Aggrediti a suon di regole, tentate scalate, multe e nazionalizzazioni dal governo cinese, nel corso di questi due anni le grandi tech del Dragone hanno perso gran parte del loro valore in Borsa, assistendo spesso alla demolizione sistematica del proprio capitale, ai minimi dal 2008, l’anno di Lehman Brothers. Oggi l’impero fondato da Jack Ma vale il 66% in meno, Tencent il 50%. Non può stupire che Jp Morgan abbia sconsigliato gli investitori globali dall’avvicinarsi alle azioni di queste aziende, per i prossimi 6-12 mesi.

All’intervento del governo si sono aggiunti la guerra in Ucraina, la crisi energetica e l’inflazione. E, soprattutto, la pandemia è tornata a mordere la Cina, la cui strategia zero-Covid a suon di lockdown non ha certo portato benefici all’economia. In pochi giorni, il comparto tech cinese ha bruciato 100 miliardi di capitalizzazione. Ce ne è abbastanza per andare knock out.

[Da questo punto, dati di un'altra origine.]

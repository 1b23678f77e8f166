//! Whether the sites of one trace agree.

ghost use Rattle.std.specs.Prelude.{◌≡◌, ◌<◌, ◌≤◌, true, length, is_ok, IfOk};
ghost use Rattle.trace_file.specs.Opening.{opened};
ghost use Rattle.trace_file.specs.contracts.reading.TraceFileFeed.TheImpl.{ghosts as feed_of};
ghost use Rattle.sites.specs.Together.{both_agree, all_agree, behind_one};

use crate::settings::Settings;
use crate::visits::Visits;
use driving::agree;
use feed::Feed;
use model::Outcome;
use std::io;
use trace_file::{MOST_RECORDS, TraceFile};

/// More than the records of any trace file.
const BUDGET: usize = MOST_RECORDS as usize + 1;

/// Whether both have told an outcome, and the two agree.
fn both_agree(a: Option<Outcome>, b: Option<Outcome>) -> bool
    ensures { result ≡ both_agree a b }
{
    match (a, b) {
        (Some(a), Some(b)) => agree(a, b),
        _ => false,
    }
}

/// Whether each of the others agrees with the first.
fn all_agree(first: Option<Outcome>, others: &[Option<Outcome>]) -> bool
    ensures { result ≡ all_agree first others.now }
{
    others.iter().all(|other| both_agree(first, *other))
}

/// Sends what the file still delivers through every pile, prints each site, and returns whether all agree.
fn visit(rt: &HostRuntime, file: TraceFile<'_>, set: &Settings, budget: usize) -> io::Result<bool>
    ensures { IfOk result (λ same. (length (feed_of.meaning file.entry).waiting < budget → same ≡ true)) }
{
    let visits = Visits { rt, set, budget };
    let bottom = visits.at_the_bottom(file)?;
    let rotated = visits.behind_a_rotation(file)?;
    let tabled = visits.behind_a_table(file)?;
    let deep = visits.deep_down(file)?;
    let refused = visits.behind_refused_ones(file)?;
    Ok(all_agree(bottom, &[rotated, tabled, deep, refused]))
}

/// Prints whether the sites agree, and returns it.
fn print_agreement(rt: &HostRuntime, same: bool) -> io::Result<bool>
    ensures { IfOk result (λ printed. printed ≡ same) }
{
    let word = if same { "agree" } else { "DISAGREE" };
    println!(rt; "the sites {word}")?;
    Ok(same)
}

/// The file with its first record read already, if it has one.
fn half_read(mut file: TraceFile<'_>) -> TraceFile<'_>
    ensures rest { feed_of.meaning result ≡ behind_one (feed_of.meaning file.entry) }
    ensures shorter { length (feed_of.meaning result).waiting ≤ length (feed_of.meaning file.entry).waiting }
{
    let _ = file.next();
    file
}

/// Sends the file through every pile, whole and half-read, and returns whether the sites agree each time.
fn compare_file(rt: &HostRuntime, file: TraceFile<'_>, budget: usize) -> io::Result<bool>
    ensures { IfOk result (λ same. (length (feed_of.meaning file.entry).waiting < budget → same ≡ true)) }
{
    let Ok(set) = Settings::of(file.counts()) else {
        return Ok(false);
    };
    let found = visit(rt, file, &set, budget)?;
    let whole = print_agreement(rt, found)?;
    println!(rt; "with the first record read before:")?;
    let found_again = visit(rt, half_read(file), &set, budget)?;
    let rest = print_agreement(rt, found_again)?;
    Ok(whole && rest)
}

/// Opens the bytes as a trace file, sends it through every pile, whole and with its first record read already, and returns whether the sites agree.
///
/// Says no where the bytes are no trace file.
pub fn compare(rt: &HostRuntime, bytes: &[u8]) -> io::Result<bool>
    ensures { IfOk result (λ same. same ≡ is_ok (opened bytes.now)) }
{
    match TraceFile::open(bytes) {
        Ok(file) => compare_file(rt, file, BUDGET),
        Err(refusal) => {
            let number = refusal.number();
            println!(rt; "refused {number}")?;
            Ok(false)
        }
    }
}
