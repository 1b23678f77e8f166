//! Sends a trace through several piles of relays, and says whether the sites agree.
#![tactic(auto)]

mod comparing;
mod piles;
mod reports;
mod settings;
mod visits;

use crate::comparing::compare;
use std::io::Read;
use std::{env, fs};

/// One byte more than the longest trace file has, so that a longer one is seen to be too long.
const MOST_BYTES: u64 = 49_169;

/// Thread 0 writes, thread 1 reads that write and then the initial value: judged where no file is named.
const SHIPPED: &[u8; 52] = b"\x00\x02\x00\x01\x00\x00\x00\x03\x00\x00\x00\x10\x00\x00\x00\x34\
\x01\x00\x00\x00\x00\x00\x00\x00\x00\x00\x00\x01\
\x02\x01\x00\x00\x00\x00\x00\x01\x00\x00\x00\x01\
\x02\x01\x00\x00\xff\x00\x00\x00\x00\x00\x00\x00";

/// Prints the name of a trace, and compares its sites.
fn compare_named(rt: &HostRuntime, name: &str) -> anyhow::Result<bool> {
    println!(rt; "{name}")?;
    let mut bytes = Vec::new(rt.alloc());
    fs::open(rt, name)?
        .take(MOST_BYTES)
        .read_to_end(&mut bytes)?;
    Ok(compare(rt, bytes.as_slice())?)
}

/// Compares the sites of each trace that an argument names, or of the shipped one where there is none.
fn run(rt: &HostRuntime) -> anyhow::Result<()> {
    let mut names = env::args(rt)?.skip(1).peekable();
    if names.peek().is_none() {
        let _same = compare(rt, SHIPPED)?;
    }
    for name in names {
        let _same = compare_named(rt, name.as_str())?;
    }
    Ok(())
}

fn main(rt: HostRuntime) -> anyhow::Result<()> {
    run(&rt)
}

Le aziende in questione stanno andando molto bene nell’ultimo periodo nei listini, ma per Zapponini questo sarebbe solo conseguenza di una politica di stimolo monetario. Le fondamenta sarebbero state minate dall’“interventismo” di Pechino; ora il governo cinese si trova di fronte a fare marcia indietro vista la congiuntura pessima nei mercati o continuare sulla via più severa, con il rischio però di far crollare delle aziende protagoniste della crescita economica e della prosperità comune di cui il Partito si fa gran vanto.